▶ **Source records**
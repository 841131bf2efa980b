//! Options with their values, and all other words.
ghost use Rattle.std.specs.Prelude.{◌≡◌, ◌<◌, ◌-◌, length, option_copied, slice_get};
ghost use Rattle.ja_words.specs.Options.{begins_with_option, is_option, plain_words, values_of};

use ja_base::Name;

/// Whether a word is an option.
fn is_option_word(word: &Name) -> bool
    ensures { result ≡ is_option word.now }
{
    word.bytes() == b"--workers".as_slice() || word.bytes() == b"--limit".as_slice()
}

/// Whether the first word is an option that has a value.
fn has_value(words: &[Name]) -> bool
    ensures { result ≡ begins_with_option words.now }
{
    match words {
        [word, _, ..] => is_option_word(word),
        _ => false,
    }
}

/// The word at a place among those that are neither options nor values of options, if there is one.
pub(crate) fn plain_at(words: &[Name], place: usize) -> Option<&Name>
    ensures { option_copied result ≡ slice_get (plain_words words.now) place }
{
    let mut rest = words;
    let mut left = place;
    'rest: while !rest.is_empty() {
        if has_value(rest) {
            rest = &rest[2..];
        } else {
            if left == 0 {
                return Some(&rest[0]);
            }
            left -= 1;
            rest = &rest[1..];
        }
    }
    None
}

/// The value at a place among those of an option, if there is one.
pub(crate) fn value_at<'a>(words: &'a [Name], option: &[u8], place: usize) -> Option<&'a Name>
    ensures { option_copied result ≡ slice_get (values_of option.now words.now) place }
{
    let mut rest = words;
    let mut left = place;
    'rest: while !rest.is_empty() {
        if !has_value(rest) {
            rest = &rest[1..];
        } else {
            if rest[0].bytes() == option {
                if left == 0 {
                    return Some(&rest[1]);
                }
                left -= 1;
            }
            rest = &rest[2..];
        }
    }
    None
}
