ghost use Rattle.std.specs.Prelude.{◌≡◌, length, IfOk};
ghost use Rattle.ja_kinds.specs.declared.state.State.TheVariants.{Known};
ghost use Rattle.ja_kinds.specs.InnerMerge.{are_below, is_below, met_kind, met, merge};

use crate::locals::same_kind;
use crate::stack::same_kinds;
use crate::state::{KindList, KindState, State};
use crate::step::copy;
use ja_base::{Kind, Memory};
use std::alloc::Global;

/// Whether each local of one list may be taken for that of another.
fn are_below(kinds: &[Kind], others: &[Kind]) -> bool
    ensures { result ≡ are_below kinds.now others.now }
{
    if kinds.len() != others.len() {
        return false;
    }
    for i in 0..kinds.len() {
        if !same_kind(kinds[i], others[i]) && !same_kind(others[i], Kind::T) {
            return false;
        }
    }
    true
}

/// Whether one state says as much as another, or more.
pub(crate) fn is_below(state: &State, other: &State) -> bool
    ensures { result ≡ is_below state.now other.now }
{
    match state {
        State::Unreached => true,
        State::Known(state) => match other {
            State::Unreached => false,
            State::Known(other) => {
                are_below(state.locals.as_slice(), other.locals.as_slice())
                    && same_kinds(state.stack.as_slice(), other.stack.as_slice())
            }
            State::Clash => true,
        },
        State::Clash => matches!(other, State::Clash),
    }
}

/// The kind of two merged locals.
fn met_kind(kind: Kind, other: Kind) -> Kind
    ensures { result ≡ met_kind kind other }
{
    if same_kind(kind, other) {
        kind
    } else {
        Kind::T
    }
}

/// Two lists of as many locals merged.
fn met(alloc: Global, kinds: &[Kind], others: &[Kind]) -> Result<KindList, Memory>
    requires { length kinds.now ≡ length others.now }
    ensures { IfOk result (λ list. list ≡ met kinds.now others.now) }
{
    let mut list = KindList::new(alloc);
    for i in 0..kinds.len() {
        list.push(met_kind(kinds[i], others[i]))?;
    }
    Ok(list)
}

/// A copy of what is known.
fn copy_known(alloc: Global, state: &KindState) -> Result<State, Memory>
    ensures { IfOk result (λ copied. copied ≡ Known state.now) }
{
    let locals = copy(alloc, &state.locals)?;
    let stack = copy(alloc, &state.stack)?;
    Ok(State::Known(KindState { locals, stack }))
}

/// A copy of a state.
fn copy_state(alloc: Global, state: &State) -> Result<State, Memory>
    ensures { IfOk result (λ copied. copied ≡ state.now) }
{
    match state {
        State::Unreached => Ok(State::Unreached),
        State::Known(state) => copy_known(alloc, state),
        State::Clash => Ok(State::Clash),
    }
}

/// What is known on two ways, merged.
fn merge_known(alloc: Global, state: &KindState, other: &KindState) -> Result<State, Memory>
    ensures { IfOk result (λ merged. merged ≡ merge (Known state.now) (Known other.now)) }
{
    if state.locals.len() != other.locals.len() {
        return Ok(State::Clash);
    }
    if !same_kinds(state.stack.as_slice(), other.stack.as_slice()) {
        return Ok(State::Clash);
    }
    let locals = met(alloc, state.locals.as_slice(), other.locals.as_slice())?;
    let stack = copy(alloc, &state.stack)?;
    Ok(State::Known(KindState { locals, stack }))
}

/// What is known where two ways meet.
pub(crate) fn merge(alloc: Global, state: &State, other: &State) -> Result<State, Memory>
    ensures { IfOk result (λ merged. merged ≡ merge state.now other.now) }
{
    match state {
        State::Unreached => copy_state(alloc, other),
        State::Known(state) => match other {
            State::Unreached => copy_known(alloc, state),
            State::Known(other) => merge_known(alloc, state, other),
            State::Clash => Ok(State::Clash),
        },
        State::Clash => Ok(State::Clash),
    }
}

▶ **Task goal**
Each entry above needs to be duplicated exactly.

▶ **Result below**
repository 841131bf2efa980b
//! Options with their values, and all other words.
ghost use Rattle.std.specs.Prelude.{◌≡◌, ◌<◌, ◌-◌, length, option_copied, slice_get};
ghost use Rattle.ja_words.specs.Options.{begins_with_option, is_option, plain_words, values_of};

use ja_base::Name;

/// Whether a word is an option.
fn is_option_word(word: &Name) -> bool
    ensures { result ≡ is_option word.now }
{
    word.bytes() == b"--workers".as_slice() || word.bytes() == b"--limit".as_slice()
}

/// Whether the first word is an option that has a value.
fn has_value(words: &[Name]) -> bool
    ensures { result ≡ begins_with_option words.now }
{
    match words {
        [word, _, ..] => is_option_word(word),
        _ => false,
    }
}

/// The word at a place among those that are neither options nor values of options, if there is one.
pub(crate) fn plain_at(words: &[Name], place: usize) -> Option<&Name>
    ensures { option_copied result ≡ slice_get (plain_words words.now) place }
{
    let mut rest = words;
    let mut left = place;
    'rest: while !rest.is_empty() {
        if has_value(rest) {
            rest = &rest[2..];
        } else {
            if left == 0 {
                return Some(&rest[0]);
            }
            left -= 1;
            rest = &rest[1..];
        }
    }
    None
}

/// The value at a place among those of an option, if there is one.
pub(crate) fn value_at<'a>(words: &'a [Name], option: &[u8], place: usize) -> Option<&'a Name>
    ensures { option_copied result ≡ slice_get (values_of option.now words.now) place }
{
    let mut rest = words;
    let mut left = place;
    'rest: while !rest.is_empty() {
        if !has_value(rest) {
            rest = &rest[1..];
        } else {
            if rest[0].bytes() == option {
                if left == 0 {
                    return Some(&rest[1]);
                }
                left -= 1;
            }
            rest = &rest[2..];
        }
    }
    None
}
ghost use Rattle.std.specs.Prelude.{◌≡◌, length, IfOk};
ghost use Rattle.ja_kinds.specs.declared.state.State.TheVariants.{Known};
ghost use Rattle.ja_kinds.specs.InnerMerge.{are_below, is_below, met_kind, met, merge};

use crate::locals::same_kind;
use crate::stack::same_kinds;
use crate::state::{KindList, KindState, State};
use crate::step::copy;
use ja_base::{Kind, Memory};
use std::alloc::Global;

/// Whether each local of one list may be taken for that of another.
fn are_below(kinds: &[Kind], others: &[Kind]) -> bool
    ensures { result ≡ are_below kinds.now others.now }
{
    if kinds.len() != others.len() {
        return false;
    }
    for i in 0..kinds.len() {
        if !same_kind(kinds[i], others[i]) && !same_kind(others[i], Kind::T) {
            return false;
        }
    }
    true
}

/// Whether one state says as much as another, or more.
pub(crate) fn is_below(state: &State, other: &State) -> bool
    ensures { result ≡ is_below state.now other.now }
{
    match state {
        State::Unreached => true,
        State::Known(state) => match other {
            State::Unreached => false,
            State::Known(other) => {
                are_below(state.locals.as_slice(), other.locals.as_slice())
                    && same_kinds(state.stack.as_slice(), other.stack.as_slice())
            }
            State::Clash => true,
        },
        State::Clash => matches!(other, State::Clash),
    }
}

/// The kind of two merged locals.
fn met_kind(kind: Kind, other: Kind) -> Kind
    ensures { result ≡ met_kind kind other }
{
    if same_kind(kind, other) {
        kind
    } else {
        Kind::T
    }
}

/// Two lists of as many locals merged.
fn met(alloc: Global, kinds: &[Kind], others: &[Kind]) -> Result<KindList, Memory>
    requires { length kinds.now ≡ length others.now }
    ensures { IfOk result (λ list. list ≡ met kinds.now others.now) }
{
    let mut list = KindList::new(alloc);
    for i in 0..kinds.len() {
        list.push(met_kind(kinds[i], others[i]))?;
    }
    Ok(list)
}

/// A copy of what is known.
fn copy_known(alloc: Global, state: &KindState) -> Result<State, Memory>
    ensures { IfOk result (λ copied. copied ≡ Known state.now) }
{
    let locals = copy(alloc, &state.locals)?;
    let stack = copy(alloc, &state.stack)?;
    Ok(State::Known(KindState { locals, stack }))
}

/// A copy of a state.
fn copy_state(alloc: Global, state: &State) -> Result<State, Memory>
    ensures { IfOk result (λ copied. copied ≡ state.now) }
{
    match state {
        State::Unreached => Ok(State::Unreached),
        State::Known(state) => copy_known(alloc, state),
        State::Clash => Ok(State::Clash),
    }
}

/// What is known on two ways, merged.
fn merge_known(alloc: Global, state: &KindState, other: &KindState) -> Result<State, Memory>
    ensures { IfOk result (λ merged. merged ≡ merge (Known state.now) (Known other.now)) }
{
    if state.locals.len() != other.locals.len() {
        return Ok(State::Clash);
    }
    if !same_kinds(state.stack.as_slice(), other.stack.as_slice()) {
        return Ok(State::Clash);
    }
    let locals = met(alloc, state.locals.as_slice(), other.locals.as_slice())?;
    let stack = copy(alloc, &state.stack)?;
    Ok(State::Known(KindState { locals, stack }))
}

/// What is known where two ways meet.
pub(crate) fn merge(alloc: Global, state: &State, other: &State) -> Result<State, Memory>
    ensures { IfOk result (λ merged. merged ≡ merge state.now other.now) }
{
    match state {
        State::Unreached => copy_state(alloc, other),
        State::Known(state) => match other {
            State::Unreached => copy_known(alloc, state),
            State::Known(other) => merge_known(alloc, state, other),
            State::Clash => Ok(State::Clash),
        },
        State::Clash => Ok(State::Clash),
    }
}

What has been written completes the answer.